*Assignment*: Every line from the one with "use loop_store::Clip;" to the one with "const MOST_WAITING: u64 = 1_000_000;", including those two, is to be copied exactly; all other lines of the entries below are left out.

*Source records*:
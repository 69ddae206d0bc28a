// How many and how large a camera's stores have to be by what the configuration says of it, how much of a store is
// free, and how many frames may wait before it.
ghost use Rattle.std.specs.Prelude.{◌≡◌, ◌≤◌, ◌<◌, ◌+◌, ◌*◌, IsTrue, Some, None, if◌then◌else◌};
ghost use Rattle.loop_record.specs.Geometry.{frame_bytes, is_good};
ghost use Rattle.loop_station_words.specs.Rooms.{AreAsked, HoldsLess, IsAskedCount, IsAskedSet, duration_of, frames_before, frames_in_seconds, free_blocks, held_frames, locked_below, lowest_in, lowest_met, most_tenths, nearer, newest_block, ring_size_of, size_in};

use crate::choices::{MemoryLimit, StoreSize};
use crate::ring::{RingSize, frames_in};
use crate::sets::{MAX_STORES, SetSize, set_for, set_within, stores_for, stores_within};
use loop_record::Geometry;
use loop_store::Clip;

// How many frames 256 of the largest stores always hold.
const MOST_FRAMES: u64 = 4_194_049;

// How many frames may wait for the disk where the configuration doesn't say: those of so many seconds,
const SECONDS: u64 = 4;

// but so many bytes at most.
const MOST_BYTES: u64 = 256_000_000;

// The most frames that may wait, whatever the configuration says: their places alone take 50 bytes each.
const MOST_WAITING: u64 = 1_000_000;

/// Why no stores are as large as the configuration asks.
#[derive(Clone, Copy, Debug, PartialEq, Eq)]
pub enum NoRing {
    /// No 256 stores hold as many frames as come in its hours or minutes. So many tenths of a minute fit.
    TooManyFrames(u64),
    /// Its bytes are too few for two blocks of a frame.
    TooFewBytes,
    /// No store may have such frames.
    BadFrames,
}

/// The bytes of a frame of a geometry; `None` where no store may have that geometry.
pub fn size_of(geometry: &Geometry) -> Option<u32>
    ensures { result ≡ (if is_good geometry.now then Some (frame_bytes geometry.now) else None) }
{
    match geometry.check() {
        Ok(()) => Some(geometry.frame_bytes()),
        Err(_) => None,
    }
}

/// The stores that have room for as much as the configuration asks, of frames like these. The geometry's own ring means
/// nothing, but has to be one that a store may have.
pub fn asked_set(frames: &Geometry, room: StoreSize) -> Result<SetSize, NoRing>
    ensures { IsAskedSet frames.now room result }
{
    match room {
        StoreSize::Seconds(seconds) => match set_for(
            frames_in_seconds(frames, seconds),
            size_in(frames),
        ) {
            Some(set) => Ok(set),
            None => Err(NoRing::TooManyFrames(most_tenths(frames))),
        },
        StoreSize::Bytes(bytes) => {
            let Some(size) = size_of(frames) else {
                return Err(NoRing::BadFrames);
            };
            match set_within(size, bytes) {
                Some(set) => Ok(set),
                None => Err(NoRing::TooFewBytes),
            }
        }
    }
}

/// How many stores like this one have room for as much as the configuration asks; 256 where they have too little.
pub fn asked_stores(store: &Geometry, room: StoreSize) -> u32
    ensures { IsTrue (is_good store.now) → IsAskedCount store.now room result }
{
    let Some(size) = size_of(store) else {
        return 1;
    };
    let ring = ring_size_of(store);
    match room {
        StoreSize::Seconds(seconds) => {
            stores_for(frames_in_seconds(store, seconds), ring).unwrap_or(MAX_STORES)
        }
        StoreSize::Bytes(bytes) => stores_within(size, bytes, ring),
    }
}

// The bytes of a frame; 0 where no store may have that geometry.
fn size_in(frames: &Geometry) -> u32
    ensures { result ≡ size_in frames.now }
{
    size_of(frames).unwrap_or(0)
}

// The ring of a store.
fn ring_size_of(store: &Geometry) -> RingSize
    ensures { result ≡ ring_size_of store.now }
{
    RingSize {
        segments: store.segments,
        slots: store.slots,
    }
}

// How many of these frames come in so many seconds.
fn frames_in_seconds(frames: &Geometry, seconds: u64) -> u64
    ensures { result ≡ frames_in_seconds frames.now seconds }
{
    frames_in(seconds, frames.rate_num, frames.rate_den.max(1))
}

// How many tenths of a minute of these frames fit into the most stores.
fn most_tenths(frames: &Geometry) -> u64
    ensures value { result ≡ most_tenths frames.now }
    ensures fits { 1 ≤ frames.now.rate_den → frames_in_seconds frames.now (6 * result) ≤ 4194049 }
    ensures most { 1 ≤ frames.now.rate_num → 1 ≤ frames.now.rate_den
        → 4194049 < frames_in_seconds frames.now (6 * (result + 1)) }
{
    MOST_FRAMES * u64::from(frames.rate_den) / (6 * u64::from(frames.rate_num.max(1)))
}

/// How many microseconds so many stores like this one always hold, and how many the configuration asks for, where that
/// is more.
pub fn held_of_asked(store: &Geometry, stores: u32, room: StoreSize) -> Option<(u64, u64)>
    ensures { HoldsLess store.now stores room result }
{
    let held = held_frames(stores, ring_size_of(store));
    let asked = asked_frames(store, room);
    if asked <= held {
        return None;
    }
    let asked = match room {
        StoreSize::Seconds(seconds) => seconds.saturating_mul(1_000_000),
        StoreSize::Bytes(_) => duration_of(asked, store),
    };
    Some((duration_of(held, store), asked))
}

// How many frames like a store's the configuration asks stores to hold; 0 where none are as it asks.
fn asked_frames(store: &Geometry, room: StoreSize) -> u64
    ensures { AreAsked store.now room result }
{
    match room {
        StoreSize::Seconds(seconds) => frames_in_seconds(store, seconds),
        StoreSize::Bytes(_) => match asked_set(store, room) {
            Ok(set) => held_frames(set.stores, set.ring),
            Err(_) => 0,
        },
    }
}

// How many frames so many stores of a ring always hold, at most the greatest u64.
fn held_frames(stores: u32, ring: RingSize) -> u64
    ensures { result ≡ held_frames stores ring }
{
    (u64::from(stores) * u64::from(ring.segments))
        .saturating_sub(1)
        .saturating_mul(u64::from(ring.slots))
        .saturating_add(1)
}

/// How many microseconds so many frames of a geometry last, at most the greatest u64.
pub fn duration_of(frames: u64, geometry: &Geometry) -> u64
    ensures { result ≡ duration_of frames geometry.now }
{
    let micros = u128::from(frames) * 1_000_000 * u128::from(geometry.rate_den)
        / u128::from(geometry.rate_num.max(1));
    u64::try_from(micros).unwrap_or(u64::MAX)
}

/// How many frames of a geometry may wait in memory for the disk; `memory`: what the configuration says of that.
pub fn frames_before(memory: Option<MemoryLimit>, geometry: &Geometry) -> usize
    ensures { result ≡ frames_before memory geometry.now }
{
    let Some(size) = size_of(geometry) else {
        return 0;
    };
    let size = u64::from(size.max(1));
    let frames = match memory {
        Some(MemoryLimit::Seconds(seconds)) => frames_in_seconds(geometry, seconds),
        Some(MemoryLimit::Bytes(bytes)) => bytes / size,
        None => frames_in_seconds(geometry, SECONDS).min(MOST_BYTES / size),
    };
    frames.min(MOST_WAITING) as usize
}

/// The number of a store's newest block, where its next frame has this number.
pub fn newest_block(store: &Geometry, next: u64) -> u64
    ensures { result ≡ newest_block store.now next }
{
    next.saturating_sub(1) / u64::from(store.slots.max(1))
}

/// How many blocks of a store may still be locked: all blocks of its ring but the newest one and the older ones that
/// clips meet. `next`: the number of its next frame.
pub fn free_blocks(store: &Geometry, next: u64, clips: &[Clip]) -> u64
    ensures { result ≡ free_blocks store.now next clips.now }
{
    let slots = u64::from(store.slots.max(1));
    let locked = locked_below(clips, slots, newest_block(store, next));
    u64::from(store.segments)
        .saturating_sub(1)
        .saturating_sub(locked)
}

// How many of the first blocks clips meet.
fn locked_below(clips: &[Clip], slots: u64, end: u64) -> u64
    requires { 1 ≤ slots }
    ensures { result ≡ locked_below slots clips.now end }
{
    let (mut locked, mut counted) = (0u64, 0u64);
    'blocks: while counted < end {
        match lowest_met(clips, slots, counted) {
            Some(block) if block < end => {
                locked = locked + 1;
                counted = block + 1;
            }
            _ => return locked,
        }
    }
    locked
}

// The lowest block from one on that a clip meets.
fn lowest_met(clips: &[Clip], slots: u64, from: u64) -> Option<u64>
    requires { 1 ≤ slots }
    ensures { result ≡ lowest_met slots from clips.now }
{
    let mut lowest = None;
    'clips: for clip in clips {
        lowest = nearer(lowest, lowest_in(clip, slots, from));
    }
    lowest
}

// The lowest block from one on that a clip meets.
fn lowest_in(clip: &Clip, slots: u64, from: u64) -> Option<u64>
    requires { 1 ≤ slots }
    ensures { result ≡ lowest_in slots from clip.now }
{
    let block = (clip.from / slots).max(from);
    if block <= clip.to / slots {
        Some(block)
    } else {
        None
    }
}

// The lower of two blocks, if they are there.
fn nearer(one: Option<u64>, other: Option<u64>) -> Option<u64>
    ensures { result ≡ nearer one other }
{
    match (one, other) {
        (Some(one), Some(other)) => Some(one.min(other)),
        (None, _) => other,
        (_, None) => one,
    }
}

*Answer space*:
use loop_store::Clip;

// How many frames 256 of the largest stores always hold.
const MOST_FRAMES: u64 = 4_194_049;

// How many frames may wait for the disk where the configuration doesn't say: those of so many seconds,
const SECONDS: u64 = 4;

// but so many bytes at most.
const MOST_BYTES: u64 = 256_000_000;

// The most frames that may wait, whatever the configuration says: their places alone take 50 bytes each.
const MOST_WAITING: u64 = 1_000_000;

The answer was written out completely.